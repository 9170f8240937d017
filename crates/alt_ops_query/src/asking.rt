//! What is asked of a page.

ghost use Rattle.std.specs.Prelude.{◌≡◌, ◌<◌, IfSome, codes};
ghost use Rattle.serde_json.specs.View.{members_view};
ghost use Rattle.alt_ops_query.specs.private.Paged.{asked_page, limit_in};
ghost use Rattle.alt_machine.specs.Ops.Scan.{whole_at};

use crate::selecting::selects;
use alt_expr::{Cond, Paths};
use alt_paging::PageAsk;
use alt_shape::whole_at;
use serde_json::{Map, Value};

/// What a body asks of its page, with the filter and the paths that its expressions say.
pub(crate) fn page_ask(
    body: &Map<String, Value>,
    filter: Option<Cond>,
    paths: Option<Paths>,
) -> PageAsk
    ensures asks { result ≡ asked_page (members_view body.now.entries) filter paths }
    ensures limit { IfSome result.limit (λ most. 0 < most) }
{
    PageAsk {
        limit: limit_of(body),
        filter,
        paths,
        count_only: selects(body, "COUNT"),
    }
}

/// The most items that are examined, where a limit is given.
fn limit_of(body: &Map<String, Value>) -> Option<u32>
    ensures limit { result ≡ limit_in (whole_at (codes "Limit") (members_view body.now.entries)) }
    ensures some { IfSome result (λ most. 0 < most) }
{
    match whole_at(body, "Limit") {
        Some(most) if most > 0 => u32::try_from(most).ok(),
        _ => None,
    }
}
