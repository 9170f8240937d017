//! The operations on lists of items: Query and Scan (DynamoDB API Reference, "Actions"; docs/API.md).
#![tactic(auto)]

mod asking;
mod pages;
mod places;
mod querying;
mod replies;
mod scanning;
mod selecting;
mod sources;
mod walking;

pub use querying::query;
pub use scanning::scan;
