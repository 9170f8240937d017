//! What Query and Scan read: a table, or one of its indexes.

ghost use Rattle.std.specs.Prelude.{◌≡◌, ◌<◌, IfSome, option_map};
ghost use Rattle.alt_machine.specs.Sources as machine;
ghost use Rattle.alt_views.specs.Readable.{CanRead};

use alt_schema::{IndexSchema, KeyAttr, TableSchema};
use alt_views::{index_at, is_key};

/// The index of that number; where no number is told, the table itself is read.
pub(crate) fn index_of(schema: &TableSchema, number: Option<usize>) -> Option<&IndexSchema>
    requires there { IfSome number (λ n. CanRead schema.now n) }
    ensures index { option_map (λ i. i.now) result ≡ machine.index_at schema.now number }
{
    match number {
        Some(number) => Some(index_at(schema, number)),
        None => None,
    }
}

/// The HASH key by which the items lie there.
pub(crate) fn hash_of<'s>(schema: &'s TableSchema, index: Option<&'s IndexSchema>) -> &'s KeyAttr
    ensures hash { result.now ≡ machine.hash_of schema.now (option_map (λ i. i.now) index.entry) }
{
    match index {
        Some(index) => &index.hash,
        None => &schema.hash,
    }
}

/// And the RANGE key, if there is one.
pub(crate) fn range_of<'s>(
    schema: &'s TableSchema,
    index: Option<&'s IndexSchema>,
) -> Option<&'s KeyAttr>
    ensures range { option_map (λ r. r.now) result
        ≡ machine.range_of schema.now (option_map (λ i. i.now) index.entry) }
{
    match index {
        Some(index) => as_ref(&index.range),
        None => as_ref(&schema.range),
    }
}

fn as_ref(range: &Option<KeyAttr>) -> Option<&KeyAttr>
    ensures { option_map (λ r. r.now) result ≡ range.now }
{
    match range {
        Some(range) => Some(range),
        None => None,
    }
}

==============================

- **WHAT TO WORK ON**
Once you have read the entries, reproduce each one exactly.

- **ANSWER TO THIS EXERCISE**
repository 9170f8240937d017
filename crates/alt_ops_query/src/asking.rt
//! What is asked of a page.

ghost use Rattle.std.specs.Prelude.{◌≡◌, ◌<◌, IfSome, codes};
ghost use Rattle.serde_json.specs.View.{members_view};
ghost use Rattle.alt_ops_query.specs.private.Paged.{asked_page, limit_in};
ghost use Rattle.alt_machine.specs.Ops.Scan.{whole_at};

use crate::selecting::selects;
use alt_expr::{Cond, Paths};
use alt_paging::PageAsk;
use alt_shape::whole_at;
use serde_json::{Map, Value};

/// What a body asks of its page, with the filter and the paths that its expressions say.
pub(crate) fn page_ask(
    body: &Map<String, Value>,
    filter: Option<Cond>,
    paths: Option<Paths>,
) -> PageAsk
    ensures asks { result ≡ asked_page (members_view body.now.entries) filter paths }
    ensures limit { IfSome result.limit (λ most. 0 < most) }
{
    PageAsk {
        limit: limit_of(body),
        filter,
        paths,
        count_only: selects(body, "COUNT"),
    }
}

/// The most items that are examined, where a limit is given.
fn limit_of(body: &Map<String, Value>) -> Option<u32>
    ensures limit { result ≡ limit_in (whole_at (codes "Limit") (members_view body.now.entries)) }
    ensures some { IfSome result (λ most. 0 < most) }
{
    match whole_at(body, "Limit") {
        Some(most) if most > 0 => u32::try_from(most).ok(),
        _ => None,
    }
}
repository 9170f8240937d017
//! The operations on lists of items: Query and Scan (DynamoDB API Reference, "Actions"; docs/API.md).
#![tactic(auto)]

mod asking;
mod pages;
mod places;
mod querying;
mod replies;
mod scanning;
mod selecting;
mod sources;
mod walking;

pub use querying::query;
pub use scanning::scan;
repository 9170f8240937d017
//! What Query and Scan read: a table, or one of its indexes.

ghost use Rattle.std.specs.Prelude.{◌≡◌, ◌<◌, IfSome, option_map};
ghost use Rattle.alt_machine.specs.Sources as machine;
ghost use Rattle.alt_views.specs.Readable.{CanRead};

use alt_schema::{IndexSchema, KeyAttr, TableSchema};
use alt_views::{index_at, is_key};

/// The index of that number; where no number is told, the table itself is read.
pub(crate) fn index_of(schema: &TableSchema, number: Option<usize>) -> Option<&IndexSchema>
    requires there { IfSome number (λ n. CanRead schema.now n) }
    ensures index { option_map (λ i. i.now) result ≡ machine.index_at schema.now number }
{
    match number {
        Some(number) => Some(index_at(schema, number)),
        None => None,
    }
}

/// The HASH key by which the items lie there.
pub(crate) fn hash_of<'s>(schema: &'s TableSchema, index: Option<&'s IndexSchema>) -> &'s KeyAttr
    ensures hash { result.now ≡ machine.hash_of schema.now (option_map (λ i. i.now) index.entry) }
{
    match index {
        Some(index) => &index.hash,
        None => &schema.hash,
    }
}

/// And the RANGE key, if there is one.
pub(crate) fn range_of<'s>(
    schema: &'s TableSchema,
    index: Option<&'s IndexSchema>,
) -> Option<&'s KeyAttr>
    ensures range { option_map (λ r. r.now) result
        ≡ machine.range_of schema.now (option_map (λ i. i.now) index.entry) }
{
    match index {
        Some(index) => as_ref(&index.range),
        None => as_ref(&schema.range),
    }
}

fn as_ref(range: &Option<KeyAttr>) -> Option<&KeyAttr>
    ensures { option_map (λ r. r.now) result ≡ range.now }
{
    match range {
        Some(range) => Some(range),
        None => None,
    }
}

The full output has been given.